■ **WHAT THE TASK ASKS**: Every entry below should be printed exactly.

(Stored data entries)

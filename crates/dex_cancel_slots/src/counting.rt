//! How many orders of an account a cancel takes.

ghost use Rattle.std.specs.Prelude.{◌≡◌, ◌≤◌, ◌<◌, ◌&&◌, ◌==◌, None, length, nat_lt, not, take};
ghost use Rattle.std.specs.Prelude.{slice_index, slice_index_or};
ghost use Rattle.dex_types.specs.Cancel as cancel;
ghost use Rattle.dex_types.specs.Cancel.{all_orders_of, cancelled};
ghost use Rattle.dex_cancel.specs.Counting.{count_among, count_of_client};
ghost use Rattle.dex_cancel_slots.specs.Given.{IsNamed, slots_in};
ghost use Rattle.dex_cancel_slots.specs.Slots.{any_holding, has_client, named_by_slot};

use crate::owned::Owned;
use crate::taken::{client_at, taken_end};
use dex_cancel::steps::{count_before, find_on};
use dex_types::{ClientIds, SideRead};

/// How many orders a slot names: one where it is taken and its order rests. It is not inlined: it has room for an
/// order, which no slot of another client id needs.
#[inline(never)]
fn count_at<B: SideRead, A: SideRead>(own: &Owned<'_, '_, '_, B, A>, slot: u8) -> u32
    requires own { IsNamed B.holds B.orders A.holds A.orders own.now }
    ensures count { let held = slice_index_or (slots_in own.now.orders) slot None in
        result ≡ length (named_by_slot any_holding (B.orders own.now.bids.now) (A.orders own.now.asks.now) held) }
    ensures one { result ≤ 1 }
{
    let Some((id, side, _)) = own.orders.slot(slot) else {
        return 0;
    };
    match find_on(own.bids, own.asks, side, id) {
        Some(_) => 1,
        None => 0,
    }
}

/// How many orders of the account rest, up to the limit. It looks up no more of them.
pub fn count_first<B: SideRead, A: SideRead>(own: &Owned<'_, '_, '_, B, A>, limit: u32) -> u32
    requires own { IsNamed B.holds B.orders A.holds A.orders own.now }
    ensures { result
        ≡ length (cancelled (cancel.First limit) own.now.account (B.orders own.now.bids.now)
        (A.orders own.now.asks.now)) }
{
    let mut count = 0;
    let end = taken_end(&own.orders);
    let mut slot = 0;
    'slots: while slot < end {
        if count == limit {
            return count;
        }
        count += count_at(own, slot);
        slot += 1;
    }
    count
}

/// How many orders a slot names by the client id.
fn count_client_at<B: SideRead, A: SideRead>(
    own: &Owned<'_, '_, '_, B, A>,
    slot: u8,
    client: u64,
) -> u32
    requires own { IsNamed B.holds B.orders A.holds A.orders own.now }
    requires slot { slot < 128 }
    ensures count { let held = slice_index_or (slots_in own.now.orders) slot None in
        result
        ≡ length (named_by_slot (has_client client) (B.orders own.now.bids.now) (A.orders own.now.asks.now) held) }
    ensures one { result ≤ 1 }
{
    if client_at(&own.orders, slot) == client {
        count_at(own, slot)
    } else {
        0
    }
}

/// Whether the account has more orders of the client id than this number. It looks up no more once there are.
pub fn has_more<B: SideRead, A: SideRead>(
    own: &Owned<'_, '_, '_, B, A>,
    client: u64,
    than: u64,
) -> bool
    requires own { IsNamed B.holds B.orders A.holds A.orders own.now }
    ensures { let all = all_orders_of own.now.account (B.orders own.now.bids.now) (A.orders own.now.asks.now) in
        result ≡ nat_lt than (count_of_client client all) }
{
    let end = taken_end(&own.orders);
    let mut count = 0;
    let mut slot = 0;
    'slots: while slot < end {
        count += u64::from(count_client_at(own, slot, client));
        if count > than {
            return true;
        }
        slot += 1;
    }
    false
}

/// The client id at this place takes an order: it is not 0, and the account has more orders of it than the same client
/// id in front of this place took.
fn takes_one<B: SideRead, A: SideRead>(
    own: &Owned<'_, '_, '_, B, A>,
    ids: &[u64; 8],
    place: usize,
) -> bool
    requires own { IsNamed B.holds B.orders A.holds A.orders own.now }
    requires place { place < 8 }
    ensures { let client = slice_index ids.now place in
        let all = all_orders_of own.now.account (B.orders own.now.bids.now) (A.orders own.now.asks.now) in
        result ≡ (not (client == 0)
        && nat_lt (count_among client (take place ids.now)) (count_of_client client all)) }
{
    let client = ids[place];
    if client == 0 {
        return false;
    }
    let before = count_before(ids, place, client);
    has_more(own, client, before)
}

/// How many orders the client ids take, one after the other.
pub fn count_listed<B: SideRead, A: SideRead>(own: &Owned<'_, '_, '_, B, A>, ids: &ClientIds) -> u32
    requires own { IsNamed B.holds B.orders A.holds A.orders own.now }
    ensures { let by = cancel.ByClients (take ids.now.count ids.now.ids) in
        result ≡ length (cancelled by own.now.account (B.orders own.now.bids.now) (A.orders own.now.asks.now)) }
{
    let mut count = 0;
    for place in 0..usize::from(ids.count) {
        if takes_one(own, &ids.ids, place) {
            count += 1;
        }
    }
    count
}
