//! What finding an account's orders reads.

ghost use Rattle.std.specs.Prelude.{◌≡◌};
ghost use Rattle.dex_orders.specs.OrdersAccount.{IsOpen};
ghost use Rattle.dex_cancel_slots.specs.Given.{IsNamed, slots_in};
ghost use Rattle.dex_cancel_slots.specs.Slots.{DoSlotsName};

use dex_orders::OrdersRef;
use dex_types::{Address, SideRead};

/// An open-orders account whose orders are to be found: its address and its bytes.
#[derive(Clone, Copy)]
pub struct Owner<'o> {
    pub account: Address,
    pub orders: OrdersRef<'o>,
}

/// What finding an account's orders reads: the account's address and its slots, and the two sides of the book.
#[derive(Clone, Copy)]
pub struct Owned<'o, 'b, 'a, B, A> {
    pub account: Address,
    pub orders: OrdersRef<'o>,
    pub bids: &'b B,
    pub asks: &'a A,
}

/// What is lent, as one value, where the slots name the account's orders.
pub fn gathered<'o, 'b, 'a, B: SideRead, A: SideRead>(
    owner: Owner<'o>,
    bids: &'b B,
    asks: &'a A,
) -> Owned<'o, 'b, 'a, B, A>
    requires open { IsOpen owner.orders.bytes.now }
    requires bids { B.holds bids.now }
    requires asks { A.holds asks.now }
    requires names { DoSlotsName owner.account (slots_in owner.orders) (B.orders bids.now) (A.orders asks.now) }
    ensures named { IsNamed B.holds B.orders A.holds A.orders result }
    ensures account { result.account ≡ owner.entry.account }
    ensures orders { result.orders.bytes.now ≡ owner.entry.orders.bytes.now }
    ensures bids { result.bids.now ≡ bids.entry.now }
    ensures asks { result.asks.now ≡ asks.entry.now }
{
    Owned {
        account: owner.account,
        orders: owner.orders,
        bids,
        asks,
    }
}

■ **ANSWER TO THE PROBLEM**:
filename crates/dex_cancel_slots/src/counting.rt
//! How many orders of an account a cancel takes.

ghost use Rattle.std.specs.Prelude.{◌≡◌, ◌≤◌, ◌<◌, ◌&&◌, ◌==◌, None, length, nat_lt, not, take};
ghost use Rattle.std.specs.Prelude.{slice_index, slice_index_or};
ghost use Rattle.dex_types.specs.Cancel as cancel;
ghost use Rattle.dex_types.specs.Cancel.{all_orders_of, cancelled};
ghost use Rattle.dex_cancel.specs.Counting.{count_among, count_of_client};
ghost use Rattle.dex_cancel_slots.specs.Given.{IsNamed, slots_in};
ghost use Rattle.dex_cancel_slots.specs.Slots.{any_holding, has_client, named_by_slot};

use crate::owned::Owned;
use crate::taken::{client_at, taken_end};
use dex_cancel::steps::{count_before, find_on};
use dex_types::{ClientIds, SideRead};

/// How many orders a slot names: one where it is taken and its order rests. It is not inlined: it has room for an
/// order, which no slot of another client id needs.
#[inline(never)]
fn count_at<B: SideRead, A: SideRead>(own: &Owned<'_, '_, '_, B, A>, slot: u8) -> u32
    requires own { IsNamed B.holds B.orders A.holds A.orders own.now }
    ensures count { let held = slice_index_or (slots_in own.now.orders) slot None in
        result ≡ length (named_by_slot any_holding (B.orders own.now.bids.now) (A.orders own.now.asks.now) held) }
    ensures one { result ≤ 1 }
{
    let Some((id, side, _)) = own.orders.slot(slot) else {
        return 0;
    };
    match find_on(own.bids, own.asks, side, id) {
        Some(_) => 1,
        None => 0,
    }
}

/// How many orders of the account rest, up to the limit. It looks up no more of them.
pub fn count_first<B: SideRead, A: SideRead>(own: &Owned<'_, '_, '_, B, A>, limit: u32) -> u32
    requires own { IsNamed B.holds B.orders A.holds A.orders own.now }
    ensures { result
        ≡ length (cancelled (cancel.First limit) own.now.account (B.orders own.now.bids.now)
        (A.orders own.now.asks.now)) }
{
    let mut count = 0;
    let end = taken_end(&own.orders);
    let mut slot = 0;
    'slots: while slot < end {
        if count == limit {
            return count;
        }
        count += count_at(own, slot);
        slot += 1;
    }
    count
}

/// How many orders a slot names by the client id.
fn count_client_at<B: SideRead, A: SideRead>(
    own: &Owned<'_, '_, '_, B, A>,
    slot: u8,
    client: u64,
) -> u32
    requires own { IsNamed B.holds B.orders A.holds A.orders own.now }
    requires slot { slot < 128 }
    ensures count { let held = slice_index_or (slots_in own.now.orders) slot None in
        result
        ≡ length (named_by_slot (has_client client) (B.orders own.now.bids.now) (A.orders own.now.asks.now) held) }
    ensures one { result ≤ 1 }
{
    if client_at(&own.orders, slot) == client {
        count_at(own, slot)
    } else {
        0
    }
}

/// Whether the account has more orders of the client id than this number. It looks up no more once there are.
pub fn has_more<B: SideRead, A: SideRead>(
    own: &Owned<'_, '_, '_, B, A>,
    client: u64,
    than: u64,
) -> bool
    requires own { IsNamed B.holds B.orders A.holds A.orders own.now }
    ensures { let all = all_orders_of own.now.account (B.orders own.now.bids.now) (A.orders own.now.asks.now) in
        result ≡ nat_lt than (count_of_client client all) }
{
    let end = taken_end(&own.orders);
    let mut count = 0;
    let mut slot = 0;
    'slots: while slot < end {
        count += u64::from(count_client_at(own, slot, client));
        if count > than {
            return true;
        }
        slot += 1;
    }
    false
}

/// The client id at this place takes an order: it is not 0, and the account has more orders of it than the same client
/// id in front of this place took.
fn takes_one<B: SideRead, A: SideRead>(
    own: &Owned<'_, '_, '_, B, A>,
    ids: &[u64; 8],
    place: usize,
) -> bool
    requires own { IsNamed B.holds B.orders A.holds A.orders own.now }
    requires place { place < 8 }
    ensures { let client = slice_index ids.now place in
        let all = all_orders_of own.now.account (B.orders own.now.bids.now) (A.orders own.now.asks.now) in
        result ≡ (not (client == 0)
        && nat_lt (count_among client (take place ids.now)) (count_of_client client all)) }
{
    let client = ids[place];
    if client == 0 {
        return false;
    }
    let before = count_before(ids, place, client);
    has_more(own, client, before)
}

/// How many orders the client ids take, one after the other.
pub fn count_listed<B: SideRead, A: SideRead>(own: &Owned<'_, '_, '_, B, A>, ids: &ClientIds) -> u32
    requires own { IsNamed B.holds B.orders A.holds A.orders own.now }
    ensures { let by = cancel.ByClients (take ids.now.count ids.now.ids) in
        result ≡ length (cancelled by own.now.account (B.orders own.now.bids.now) (A.orders own.now.asks.now)) }
{
    let mut count = 0;
    for place in 0..usize::from(ids.count) {
        if takes_one(own, &ids.ids, place) {
            count += 1;
        }
    }
    count
}
//! What finding an account's orders reads.

ghost use Rattle.std.specs.Prelude.{◌≡◌};
ghost use Rattle.dex_orders.specs.OrdersAccount.{IsOpen};
ghost use Rattle.dex_cancel_slots.specs.Given.{IsNamed, slots_in};
ghost use Rattle.dex_cancel_slots.specs.Slots.{DoSlotsName};

use dex_orders::OrdersRef;
use dex_types::{Address, SideRead};

/// An open-orders account whose orders are to be found: its address and its bytes.
#[derive(Clone, Copy)]
pub struct Owner<'o> {
    pub account: Address,
    pub orders: OrdersRef<'o>,
}

/// What finding an account's orders reads: the account's address and its slots, and the two sides of the book.
#[derive(Clone, Copy)]
pub struct Owned<'o, 'b, 'a, B, A> {
    pub account: Address,
    pub orders: OrdersRef<'o>,
    pub bids: &'b B,
    pub asks: &'a A,
}

/// What is lent, as one value, where the slots name the account's orders.
pub fn gathered<'o, 'b, 'a, B: SideRead, A: SideRead>(
    owner: Owner<'o>,
    bids: &'b B,
    asks: &'a A,
) -> Owned<'o, 'b, 'a, B, A>
    requires open { IsOpen owner.orders.bytes.now }
    requires bids { B.holds bids.now }
    requires asks { A.holds asks.now }
    requires names { DoSlotsName owner.account (slots_in owner.orders) (B.orders bids.now) (A.orders asks.now) }
    ensures named { IsNamed B.holds B.orders A.holds A.orders result }
    ensures account { result.account ≡ owner.entry.account }
    ensures orders { result.orders.bytes.now ≡ owner.entry.orders.bytes.now }
    ensures bids { result.bids.now ≡ bids.entry.now }
    ensures asks { result.asks.now ≡ asks.entry.now }
{
    Owned {
        account: owner.account,
        orders: owner.orders,
        bids,
        asks,
    }
}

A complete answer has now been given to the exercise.